An example of strategy 1: by using atomics to swap textures into their container objects, we don't need to obtain a lock on a texture object to use it.
Strategy 1 and 2 combine: a central registry of objects is used only for async loader code. Once we have an object, we are lock free. (Objects are reference counted, and reference counting can be lock-free - see also the glibc++ string implementation.)
A final comment: Apple suggests replacing fine-grained resource locking (e.g. grab a lock, do a few things, release the lock) with queueing a "block" (a small piece of code) on a serial queue (a message queue with only one thread). This can be done synchronously or asynchronously.
- It's refreshing to see someone abusing threading primitives by suggesting that a semaphore be used instead of a mutex - normally on the net I see people doing just the opposite (and wondering why their design has 5000 edge cases and blows up as soon as they add a third thread).
- If the block is queued asynchronously this is a performance win. Except for the part where you don't know if your work has actually been done. It's a great refactoring if you can get away with it but I wouldn't expect to hit this case any time soon.
- If the block is queued synchronously this solution is exactly the same concurrency wise as a mutex.
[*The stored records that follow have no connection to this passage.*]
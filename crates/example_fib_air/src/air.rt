//! The AIR.
ghost use Rattle.std.proofs.Common.{rules};
ghost use Rattle.std.specs.Prelude.{[]};
ghost use Rattle.air_core.specs.Laws.Declared.{counts-none};
ghost use Rattle.example_fib_air.specs.Fib.{fib_declaration, fib_trees};

use air_core::{Air, AirBuilder, BaseAir, Cell, InteractionBuilder};
use air_equations::{assert_cells_eq_when, assert_sum_when};
use p3_field::{Field, FieldCore, Mem};
use p3_matrix::RowMajorMatrix;
use std::alloc::Global;

const START: Cell = Cell::Public(0);

const LAST: Cell = Cell::Public(1);

// The columns whose next row is read: both.
static NEXT_COLUMNS: [usize; 2] = [0, 1];

const L: Cell = Cell::Main {
    next: false,
    column: 0,
};

const R: Cell = Cell::Main {
    next: false,
    column: 1,
};

const NEXT_L: Cell = Cell::Main {
    next: true,
    column: 0,
};

const NEXT_R: Cell = Cell::Main {
    next: true,
    column: 1,
};

/// Two columns l and r of 2^k rows: the first row is (a, a), and after the row (l, r) comes (r, l + r). The public values are a and the last
/// right cell (not in Plonky3).
#[derive(Clone, Copy)]
pub struct FibAir;

impl<F: Field> BaseAir<F> for FibAir {
    ghost declaration = { λ _. fib_declaration };

    fn width(&self) -> usize {
        2
    }

    fn preprocessed_trace(&self, _alloc: Global) -> Mem<Option<RowMajorMatrix<F>>> {
        Ok(None)
    }

    fn preprocessed_width(&self) -> usize {
        0
    }

    fn main_next_row_columns(&self) -> &[usize] {
        &NEXT_COLUMNS
    }

    fn preprocessed_next_row_columns(&self) -> &[usize] {
        &[]
    }

    fn num_public_values(&self) -> usize {
        2
    }

    fn periodic_columns(&self) -> &[Vec<F>] {
        &[]
    }

    fn num_constraints(&self) -> Option<usize> {
        None
    }

    fn max_constraint_degree(&self) -> Option<usize> {
        None
    }

    fn assumes_boolean_trace(&self) -> bool {
        false
    }

    ghost has_columns = { λ _. tt };

    ghost whole_rows = { λ _. tt };

    ghost next_below = { λ _. Prim.search rules };

    ghost preprocessed_next_below = { λ _. Prim.search rules };
}

impl<F: Field> Air<F> for FibAir {
    ghost trees = { λ _. fib_trees };

    ghost interactions = { λ _. [] };

    fn eval<AB: InteractionBuilder<F = F>>(&self, builder: &mut AB) -> Mem<()> {
        assert_cells_eq_when(builder, Cell::FirstRow, L, START)?;
        assert_cells_eq_when(builder, Cell::FirstRow, R, START)?;
        assert_cells_eq_when(builder, Cell::Transition, NEXT_L, R)?;
        assert_sum_when(builder, Cell::Transition, NEXT_R, L, R)?;
        assert_cells_eq_when(builder, Cell::LastRow, R, LAST)
    }

    ghost counts = { λ _ n e. counts-none n 5 e };

    ghost trees_read = { λ _. Prim.search rules };

    ghost interactions_read = { λ _. Prim.search rules };
}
By comparison, my understanding is that a message queue is at least a message queue - I would normally expect the serial thread with sync queue to have to "toss" the work to another thread, then wait (because if the main thread did the work, the worker thread would be available to pick up work tasks out of order). But perhaps Apple has optimized this, with a fast path to execute synchronously queued tasks on the calling thread when a serial queue is "idling".